## Data supplied

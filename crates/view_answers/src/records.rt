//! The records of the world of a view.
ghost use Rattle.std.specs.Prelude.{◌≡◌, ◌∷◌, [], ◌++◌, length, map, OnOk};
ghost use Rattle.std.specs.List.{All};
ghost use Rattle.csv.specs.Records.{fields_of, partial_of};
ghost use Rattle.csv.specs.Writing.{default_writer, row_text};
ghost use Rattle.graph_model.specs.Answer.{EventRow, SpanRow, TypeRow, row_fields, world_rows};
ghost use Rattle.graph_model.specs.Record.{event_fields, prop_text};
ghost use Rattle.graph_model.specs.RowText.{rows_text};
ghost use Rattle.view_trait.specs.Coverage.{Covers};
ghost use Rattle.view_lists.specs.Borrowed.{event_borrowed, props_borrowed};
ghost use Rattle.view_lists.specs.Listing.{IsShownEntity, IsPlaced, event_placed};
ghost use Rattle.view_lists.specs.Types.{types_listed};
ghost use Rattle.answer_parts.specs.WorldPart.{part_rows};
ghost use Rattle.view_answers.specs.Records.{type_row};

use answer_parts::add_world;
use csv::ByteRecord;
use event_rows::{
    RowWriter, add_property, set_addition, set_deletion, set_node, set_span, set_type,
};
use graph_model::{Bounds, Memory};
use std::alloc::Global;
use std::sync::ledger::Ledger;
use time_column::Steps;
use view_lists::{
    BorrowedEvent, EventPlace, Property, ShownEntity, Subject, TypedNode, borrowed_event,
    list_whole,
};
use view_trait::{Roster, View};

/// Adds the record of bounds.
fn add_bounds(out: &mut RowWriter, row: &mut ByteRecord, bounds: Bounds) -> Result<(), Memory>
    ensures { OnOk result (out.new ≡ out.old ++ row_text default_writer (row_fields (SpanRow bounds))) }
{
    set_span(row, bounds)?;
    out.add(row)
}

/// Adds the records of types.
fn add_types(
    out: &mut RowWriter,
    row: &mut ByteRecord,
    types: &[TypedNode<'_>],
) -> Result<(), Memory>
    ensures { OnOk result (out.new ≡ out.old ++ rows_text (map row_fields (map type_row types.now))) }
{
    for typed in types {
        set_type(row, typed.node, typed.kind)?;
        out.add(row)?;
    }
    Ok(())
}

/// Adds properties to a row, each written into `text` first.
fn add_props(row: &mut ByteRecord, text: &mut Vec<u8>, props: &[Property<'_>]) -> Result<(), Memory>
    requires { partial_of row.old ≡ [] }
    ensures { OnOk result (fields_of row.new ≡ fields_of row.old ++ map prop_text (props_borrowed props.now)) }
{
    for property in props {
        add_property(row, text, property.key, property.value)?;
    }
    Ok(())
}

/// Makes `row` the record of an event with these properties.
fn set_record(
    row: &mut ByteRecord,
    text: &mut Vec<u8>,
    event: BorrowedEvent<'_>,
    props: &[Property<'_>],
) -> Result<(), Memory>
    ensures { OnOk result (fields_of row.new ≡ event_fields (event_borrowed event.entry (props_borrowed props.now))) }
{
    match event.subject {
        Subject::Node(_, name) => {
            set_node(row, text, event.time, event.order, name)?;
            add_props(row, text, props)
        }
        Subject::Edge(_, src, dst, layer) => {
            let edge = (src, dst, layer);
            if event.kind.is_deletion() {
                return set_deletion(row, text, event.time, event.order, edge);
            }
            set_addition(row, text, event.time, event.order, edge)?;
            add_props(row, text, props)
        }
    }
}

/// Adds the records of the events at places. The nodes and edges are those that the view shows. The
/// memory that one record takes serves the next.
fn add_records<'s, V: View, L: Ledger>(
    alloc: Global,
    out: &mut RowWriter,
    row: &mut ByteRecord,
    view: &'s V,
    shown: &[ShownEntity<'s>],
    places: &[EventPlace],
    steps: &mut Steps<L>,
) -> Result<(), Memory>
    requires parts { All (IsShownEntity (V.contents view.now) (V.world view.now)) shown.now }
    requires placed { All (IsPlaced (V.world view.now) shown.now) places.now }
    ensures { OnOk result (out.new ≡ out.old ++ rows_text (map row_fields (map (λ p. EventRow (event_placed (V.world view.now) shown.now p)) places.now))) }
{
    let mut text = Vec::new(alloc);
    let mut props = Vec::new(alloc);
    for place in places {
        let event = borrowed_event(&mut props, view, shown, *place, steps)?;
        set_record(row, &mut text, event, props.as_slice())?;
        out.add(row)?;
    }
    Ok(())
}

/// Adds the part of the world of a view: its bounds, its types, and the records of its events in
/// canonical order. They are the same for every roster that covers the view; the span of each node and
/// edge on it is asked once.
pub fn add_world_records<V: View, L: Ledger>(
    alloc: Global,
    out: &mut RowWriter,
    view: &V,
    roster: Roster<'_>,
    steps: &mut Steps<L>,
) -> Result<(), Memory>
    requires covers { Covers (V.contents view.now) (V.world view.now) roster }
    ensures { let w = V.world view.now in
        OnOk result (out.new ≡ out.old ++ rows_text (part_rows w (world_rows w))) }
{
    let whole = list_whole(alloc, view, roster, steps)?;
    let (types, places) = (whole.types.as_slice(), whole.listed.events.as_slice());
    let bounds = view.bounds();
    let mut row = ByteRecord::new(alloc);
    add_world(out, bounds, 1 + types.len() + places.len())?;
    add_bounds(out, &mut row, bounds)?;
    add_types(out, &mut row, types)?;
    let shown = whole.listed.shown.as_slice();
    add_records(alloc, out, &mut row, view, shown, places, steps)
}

## Exercise
Say how many lines of the data include the word "SpanRow". Respond with the number alone.

## Problem solution
2